# Who's Killing the Great Chefs of Europe?



## thetincook (Jun 14, 2002)

I just watched this the other day, and I was blown away. I never see this get mentioned in the lists of food movies I see around online.

It's a good murder mystery in the "Cary Grant/Audry Hepburn/Hitchcock" style. Think "Charade" or "To Catch a Thief" The rivalry between chefs should not be missed, and leads to some of the funniest scenes in the entire movie.

The movie features many great food shots, including a lot of classic food. The movie evens features duck a la presse!

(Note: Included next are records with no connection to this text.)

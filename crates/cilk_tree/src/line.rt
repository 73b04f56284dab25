//! The canonical text of what stands on one line of a body.

ghost use Rattle.cilk_tree_syntax.specs.MoveView.{shape_of, taker_of};
ghost use Rattle.cilk_tree_syntax.specs.Appends.{Appends};
ghost use Rattle.cilk_tree_syntax.specs.MoveText.{before_text, behind_text, call_text, decl_text, index_text, length_text, locking_text, move_text};
ghost use Rattle.cilk_tree_syntax.specs.MoveText.{op_text, place_text, print_text, receiver_text, return_text, shape_text, spawn_text, target_text};

use crate::expr::{put_expr, put_exprs, put_next_exprs};
use crate::literal::put_literal;
use crate::put::{put, put_number};
use cilk_tree_syntax::{
    BinOp, Decl, Expr, Literal, LockAction, Memory, Move, MoveNode, Place, Shape, Taker, Target,
    Word,
};

fn put_call(out: &mut String, callee: &Word, arguments: &[Expr]) -> Result<(), Memory>
    ensures { Appends result out.old out.new (call_text callee.now arguments.now) }
{
    put(out, callee.as_str())?;
    put(out, "(")?;
    put_exprs(out, arguments)?;
    put(out, ")")
}

fn put_place(out: &mut String, place: &Place) -> Result<(), Memory>
    ensures { Appends result out.old out.new (place_text place.now) }
{
    put(out, place.name.as_str())?;
    put_index(out, &place.index)
}

fn put_index(out: &mut String, index: &Option<Expr>) -> Result<(), Memory>
    ensures { Appends result out.old out.new (index_text index.now) }
{
    match index {
        None => Ok(()),
        Some(index) => {
            put(out, "[")?;
            put_expr(out, index)?;
            put(out, "]")
        }
    }
}

fn put_target(out: &mut String, target: &Target) -> Result<(), Memory>
    ensures { Appends result out.old out.new (target_text target.now) }
{
    put_place(out, &target.place)?;
    put(out, " ")?;
    put_op(out, target.op)?;
    put(out, "= ")
}

fn put_op(out: &mut String, op: Option<BinOp>) -> Result<(), Memory>
    ensures { Appends result out.old out.new (op_text op) }
{
    match op {
        None => Ok(()),
        Some(op) => put(out, op.mark()),
    }
}

fn put_receiver(out: &mut String, target: &Option<Target>) -> Result<(), Memory>
    ensures { Appends result out.old out.new (receiver_text target.now) }
{
    match target {
        None => Ok(()),
        Some(target) => put_target(out, target),
    }
}

pub(crate) fn put_move(out: &mut String, what: &Move) -> Result<(), Memory>
    ensures { Appends result out.old out.new (move_text what.now) }
{
    match &what.node {
        MoveNode::Assign(target, value) => {
            put_target(out, target)?;
            put_expr(out, value)
        }
        MoveNode::Adjust(place, by) => {
            put_place(out, place)?;
            put(out, by.mark())
        }
        MoveNode::Call(target, callee, arguments) => {
            put_receiver(out, target)?;
            put_call(out, callee, arguments)
        }
    }
}

pub(crate) fn put_spawn(
    out: &mut String,
    taker: &Taker,
    callee: &Word,
    arguments: &[Expr],
) -> Result<(), Memory>
    ensures { Appends result out.old out.new (spawn_text (taker_of taker.now) callee.now arguments.now) }
{
    put_before_spawn(out, taker)?;
    put(out, "spawn ")?;
    put_call(out, callee, arguments)?;
    put_behind_spawn(out, taker)
}

// What stands before the word `spawn`.
fn put_before_spawn(out: &mut String, taker: &Taker) -> Result<(), Memory>
    ensures { Appends result out.old out.new (before_text (taker_of taker.now)) }
{
    match taker {
        Taker::Nothing => Ok(()),
        Taker::Into(target) => put_target(out, target),
        Taker::Through(inlet, _) => {
            put(out, inlet.as_str())?;
            put(out, "(")
        }
    }
}

// What stands behind the call that is spawned.
fn put_behind_spawn(out: &mut String, taker: &Taker) -> Result<(), Memory>
    ensures { Appends result out.old out.new (behind_text (taker_of taker.now)) }
{
    match taker {
        Taker::Nothing | Taker::Into(_) => Ok(()),
        Taker::Through(_, others) => {
            put_next_exprs(out, others)?;
            put(out, ")")
        }
    }
}

pub(crate) fn put_print(
    out: &mut String,
    format: &Literal,
    arguments: &[Expr],
) -> Result<(), Memory>
    ensures { Appends result out.old out.new (print_text format.now arguments.now) }
{
    put(out, "printf(")?;
    put_literal(out, format)?;
    put_next_exprs(out, arguments)?;
    put(out, ")")
}

pub(crate) fn put_locking(out: &mut String, action: LockAction, name: &Word) -> Result<(), Memory>
    ensures { Appends result out.old out.new (locking_text action name.now) }
{
    put(out, action.word())?;
    put(out, "(")?;
    put(out, name.as_str())?;
    put(out, ")")
}

pub(crate) fn put_return(out: &mut String, value: &Option<Expr>) -> Result<(), Memory>
    ensures { Appends result out.old out.new (return_text value.now) }
{
    match value {
        None => put(out, "return"),
        Some(value) => {
            put(out, "return ")?;
            put_expr(out, value)
        }
    }
}

pub(crate) fn put_decl(out: &mut String, decl: &Decl) -> Result<(), Memory>
    ensures { Appends result out.old out.new (decl_text decl.now) }
{
    put(out, "int ")?;
    put(out, decl.name.as_str())?;
    put_shape(out, &decl.shape)
}

fn put_shape(out: &mut String, shape: &Shape) -> Result<(), Memory>
    ensures { Appends result out.old out.new (shape_text (shape_of shape.now)) }
{
    match shape {
        Shape::Variable(None) => Ok(()),
        Shape::Variable(Some(value)) => {
            put(out, " = ")?;
            put_expr(out, value)
        }
        Shape::Array(length) => put_length(out, *length),
    }
}

// The length of an array, between its brackets.
pub(crate) fn put_length(out: &mut String, length: u32) -> Result<(), Memory>
    ensures { Appends result out.old out.new (length_text length) }
{
    put(out, "[")?;
    put_number(out, length)?;
    put(out, "]")
}
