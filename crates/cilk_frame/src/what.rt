//! The views that there are, and the path that one of them needs.

use crate::path::Path;

/// A view of a program that runs, named by the command of a session that asks for it.
#[derive(Debug, Drop)]
pub enum What {
    /// Each instance ever made.
    Tree,
    /// The activations of the live instance with this path.
    Frame(Path),
    /// The variables and locks of the top level.
    Globals,
    /// The hand and the deque of each worker.
    Deques,
    /// What was printed.
    Output,
    /// Where each worker goes on.
    Where,
    /// The canonical text with the numbers of its lines and actions.
    List,
}
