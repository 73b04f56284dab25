//! The receivers of children's values, with the subscripts and arguments that their spawns kept.

ghost use Rattle.std.specs.Prelude.{◌≡◌, Decides, IfOk};

use crate::arguments::Arguments;
use cilk_load_nodes::{BinOp, Memory, Slot};

/// What takes the value of a child that returns (Cilk 5.4 manual, `spawn`, `inlet`).
#[derive(Debug)]
pub enum Receiver {
    /// The value is dropped, as after `spawn f();`, or there is none.
    Nothing,
    /// An implicit inlet: the spawn assigns to a cell that was reached when it was acted.
    Place {
        /// That of `x += spawn f();`, and None for `x = spawn f();`.
        op: Option<BinOp>,
        /// The variable, among those of the parent's procedure or of the file.
        slot: Slot,
        /// The subscript that the spawn kept, or 0 where the variable is no array.
        index: u32,
        /// The number of the spawn.
        spawn: u32,
    },
    /// An inlet, which the spawn's action names.
    Call {
        /// The number of the spawn.
        n: u32,
        /// What the inlet's other parameters take, behind the value.
        args: Arguments,
    },
}

// To drop it elsewhere is to call this, and its parts' drops are proved here alone.
impl Drop for Receiver {
    fn drop(self) {
        match self {
            Receiver::Call { n: _, args: _args } => {}
            Receiver::Nothing
            | Receiver::Place {
                op: _,
                slot: _,
                index: _,
                spawn: _,
            } => {}
        }
    }
}

impl Receiver {
    /// Whether the other is equal.
    pub fn same(&self, other: &Receiver) -> bool
        ensures { Decides result (self.now ≡ other.now) }
    {
        match (self, other) {
            (Receiver::Nothing, Receiver::Nothing) => true,
            (
                Receiver::Place {
                    op,
                    slot,
                    index,
                    spawn,
                },
                Receiver::Place {
                    op: sign,
                    slot: place,
                    index: subscript,
                    spawn: number,
                },
            ) => {
                is_same_operator(*op, *sign)
                    && slot == place
                    && index == subscript
                    && spawn == number
            }
            (
                Receiver::Call { n, args },
                Receiver::Call {
                    n: number,
                    args: values,
                },
            ) => { n == number && args.same(values) }
            _ => false,
        }
    }

    /// An equal one.
    pub fn copy(&self) -> Result<Receiver, Memory>
        ensures { IfOk result (λ receiver. receiver ≡ self.now) }
    {
        match self {
            Receiver::Nothing => Ok(Receiver::Nothing),
            Receiver::Place {
                op,
                slot,
                index,
                spawn,
            } => Ok(Receiver::Place {
                op: *op,
                slot: *slot,
                index: *index,
                spawn: *spawn,
            }),
            Receiver::Call { n, args } => Ok(Receiver::Call {
                n: *n,
                args: args.copy()?,
            }),
        }
    }
}

fn is_same_operator(op: Option<BinOp>, other: Option<BinOp>) -> bool
    ensures { Decides result (op ≡ other) }
{
    match (op, other) {
        (None, None) => true,
        (Some(one), Some(another)) => one == another,
        _ => false,
    }
}
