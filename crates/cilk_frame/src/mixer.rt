//! Numbers that tell states apart for a table. Nothing is decided by one.

/// A number that is made of others, one after another: of the same it is the same, and of others it mostly is another. It promises nothing.
#[derive(Clone, Copy)]
pub struct Mixer {
    mixed: u64,
}

impl Mixer {
    /// Of no number yet.
    pub fn new() -> Mixer {
        Mixer { mixed: 0 }
    }

    /// One number more.
    pub fn put(&mut self, number: u64) {
        self.mixed = (self.mixed.rotate_left(5) ^ number).wrapping_mul(0x517c_c1b7_2722_0a95);
    }

    /// One signed number more.
    pub fn put_signed(&mut self, number: i32) {
        self.put(number.cast_unsigned() as u64);
    }

    /// What they came to.
    pub fn mixed(self) -> u64 {
        let folded = (self.mixed ^ (self.mixed >> 32)).wrapping_mul(0xd6e8_feb8_6659_fd93);
        folded ^ (folded >> 32)
    }
}
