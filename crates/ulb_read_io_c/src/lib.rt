// What it is: the static library of crate ulb_read_io: its C function, for libulb.a. Each calls the function of the same name there.
// What it promises: of each call what that function promises, in the same words (tools/header-check compares them).
// Where its definitions stand: crate contracts, specs/Timed.antt.
#![tactic(auto)]

ghost use Rattle.std.specs.Prelude.{◌≡◌};
ghost use Rattle.contracts.specs.Timed.{lent, outcome, read_io};

// A port read.
#[unsafe(no_mangle)]
pub extern "C" fn ulb_read_io(
    state: &mut [u8],
    devices: &[u8],
    ram: &[u8],
    a: &mut [u8],
    b: &mut [u8],
    border: &mut [u8],
    port: u16,
    answer: &mut [u8],
) -> u8
    ensures { outcome result
        (lent state.new ram.now a.new b.new border.new)
        answer.new
        ≡ read_io (lent state.old ram.now a.old b.old border.old) devices.now port answer.old }
{
    ulb_read_io::ulb_read_io(state, devices, ram, a, b, border, port, answer)
}
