// The lowest layer of the sheet reader (document 01, The sheet): parts of a text, decimal numbers, words, and writing bytes and numbers.
// What each function answers is a definition of `sheet`, or one of specs/ that a law in proofs/ ties to it. It depends on `sheet` for
// these definitions, on `floats` for Reals and on `memory` for the codes of forms.
#![tactic(auto)]

pub mod literals; // a spelled number as the word that values hold
pub mod numbers; // decimal numbers and Integers, read
pub mod parts; // lines and fields
pub mod printed; // lines that a program prints
pub mod spelling; // bytes and numbers, written
pub mod words; // letters, and the words of forms
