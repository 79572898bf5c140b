// Letters and words: what a byte can begin, whether a field is a certain word, and the code of a form's word.
ghost use Rattle.std.specs.Prelude.{◌≡◌, ◌+◌, ◌*◌, ◌≤◌, length};
ghost use Rattle.sheet.specs.Lines.{is};
ghost use Rattle.text.specs.Words.{byte_kind, only_byte, code_among, form_code};

use memory::{codes, lines};

// What a byte can begin: a line by its letter, a number, or nothing. This is the match with ranges over line letters and digits of document
// 01, Use these forms in these places.
pub fn byte_kind(b: u8) -> u64
    ensures { result ≡ byte_kind b }
{
    match b {
        b'0'..=b'9' => lines::DIGIT,
        b'C' => lines::CLASS_LINE,
        b'A' => lines::ROW_LINE,
        b'O' => lines::OBJECT_LINE,
        b'V' => lines::VALUE_LINE,
        b'R' => lines::RULE_LINE,
        b'N' => lines::NODE_LINE,
        b'D' => lines::DEFINITION_LINE,
        b'X' => lines::TEXT_LINE,
        _ => lines::NO_LINE,
    }
}

// The only byte of a field that has one; else 0, which is no letter.
pub fn letter(f: &[u8]) -> u8
    ensures { result ≡ only_byte f.now }
{
    match f {
        [b] => *b,
        _ => 0,
    }
}

// Whether the field is this word. Words are short: a loop takes less than `==` of slices does, which reading a text shows.
pub fn same(f: &[u8], w: &[u8]) -> bool
    ensures { result ≡ is f.now w.now }
{
    if f.len() != w.len() {
        return false;
    }
    for i in 0..f.len() {
        if f[i] != w[i] {
            return false;
        }
    }
    true
}

// The code of the field among words of its own length, with one byte between two words; NO_FORM if it is none of them.
pub fn among(f: &[u8], words: &[u8], codes: &[u8]) -> u64
    requires { length codes.now * (length f.now + 1) ≤ length words.now + 1 }
    ensures { result ≡ code_among f.now words.now codes.now }
{
    let mut at = 0;
    for &code in codes {
        let e = at + f.len();
        if same(f, &words[at..e]) {
            return u64::from(code);
        }
        at = e + 1;
    }
    codes::NO_FORM
}

// The codes of the words of each length, in the order of the words in `form_code`.
const TWO: [u8; 4] = [
    codes::CONDITIONAL as u8,
    codes::OR as u8,
    codes::EQUAL as u8,
    codes::CAST_TO as u8,
];

const THREE: [u8; 8] = [
    codes::NUMBER as u8,
    codes::VAR as u8,
    codes::LET_IN as u8,
    codes::AND as u8,
    codes::NEGATION as u8,
    codes::DIV as u8,
    codes::MODULO as u8,
    codes::ALL as u8,
];

const FOUR: [u8; 11] = [
    codes::TRUE as u8,
    codes::REAL as u8,
    codes::SELF as u8,
    codes::SET as u8,
    codes::LESS as u8,
    codes::PLUS as u8,
    codes::OVER as u8,
    codes::OF_OBJECT as u8,
    codes::CALL as u8,
    codes::SIZE_OF as u8,
    codes::ITERATE as u8,
];

const FIVE: [u8; 7] = [
    codes::FALSE as u8,
    codes::UNDEF as u8,
    codes::MINUS as u8,
    codes::TIMES as u8,
    codes::TO_SET as u8,
    codes::TO_BAG as u8,
    codes::UNION as u8,
];

const SIX: [u8; 2] = [codes::FOR_ALL as u8, codes::EXISTS as u8];

const SEVEN: [u8; 2] = [codes::IS_UNDEF as u8, codes::OF_MEMBERS as u8];

const EIGHT: [u8; 1] = [codes::INCLUDES as u8];

const NINE: [u8; 1] = [codes::INCLUDING as u8];

const TEN: [u8; 1] = [codes::TO_SEQUENCE as u8];

// The code of a form by its word. Only words of the same length are compared, eleven at most.
pub fn form_code(f: &[u8]) -> u64
    ensures { result ≡ form_code f.now }
{
    match f.len() {
        2 => among(f, b"if or eq as", &TWO),
        3 => among(f, b"int var let and not div mod all", &THREE),
        4 => among(
            f,
            b"true real self coll less plus over attr call size iter",
            &FOUR,
        ),
        5 => among(f, b"false undef minus times asSet asBag union", &FIVE),
        6 => among(f, b"forAll exists", &SIX),
        7 => among(f, b"isUndef collect", &SEVEN),
        8 => among(f, b"includes", &EIGHT),
        9 => among(f, b"including", &NINE),
        10 => among(f, b"asSequence", &TEN),
        _ => codes::NO_FORM,
    }
}
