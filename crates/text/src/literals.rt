// A spelled number, an Integer or a Real, as the one word that values hold.
ghost use Rattle.std.specs.Prelude.{◌≡◌, ℤ};
ghost use Rattle.std.proofs.Math.Option.{Option};
ghost use Rattle.laws.specs.Choice.{map_some};
ghost use Rattle.reals.specs.Reals.{int, real};
ghost use Rattle.sheet.specs.Lines.{a_real};
ghost use Rattle.text.specs.Numbers.{whole_of};
ghost use Rattle.text.specs.Literals.{Narrow, literal_of};

use floats::Number;
use floats::cells::cell_of;
use floats::spelling::read_real;
use memory::refusals::Misread;

// The Integer that was read, as a literal.
pub fn integer_literal(z: Result<u64, Misread>) -> Result<u64, Misread>
    requires { Narrow z }
    ensures { (o : Option ℤ) → z ≡ whole_of o → result ≡ literal_of (map_some int o) }
{
    let biased = z?;
    Ok(cell_of(Number::Integer { biased }))
}

// The Real that a whole field spells.
pub fn real_literal(f: &[u8]) -> Result<u64, Misread>
    ensures { result ≡ literal_of (map_some real (a_real f.now)) }
{
    let x = read_real(f)?;
    Ok(cell_of(Number::Real(x)))
}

Anyone else seen this classic?

Now I'm working my way through the Chef! series from the UK. Its pretty funny, but I gotta say, I've never seen anybody be so articulate when dressing somebody down before.


----------



## gourmetm (Jun 27, 2011)

I'm a big George Segal fan. Haven't seen _The Great Chefs of Europe_, but I want to now. Thanks for the tip!


----------



## pete (Oct 7, 2001)

Love that movie!!! Used to own it on VHS but don't know where it is.  Anyone know if it is available on DVD or Blueray?


----------



## gourmetm (Jun 27, 2011)

Yes, it is available on DVD:

http://www.deepdiscount.com/warner-...-collection/who-is-killing-great-chefseurope/

Happy shopping/img/vbsmilies/smilies/smile.gif


----------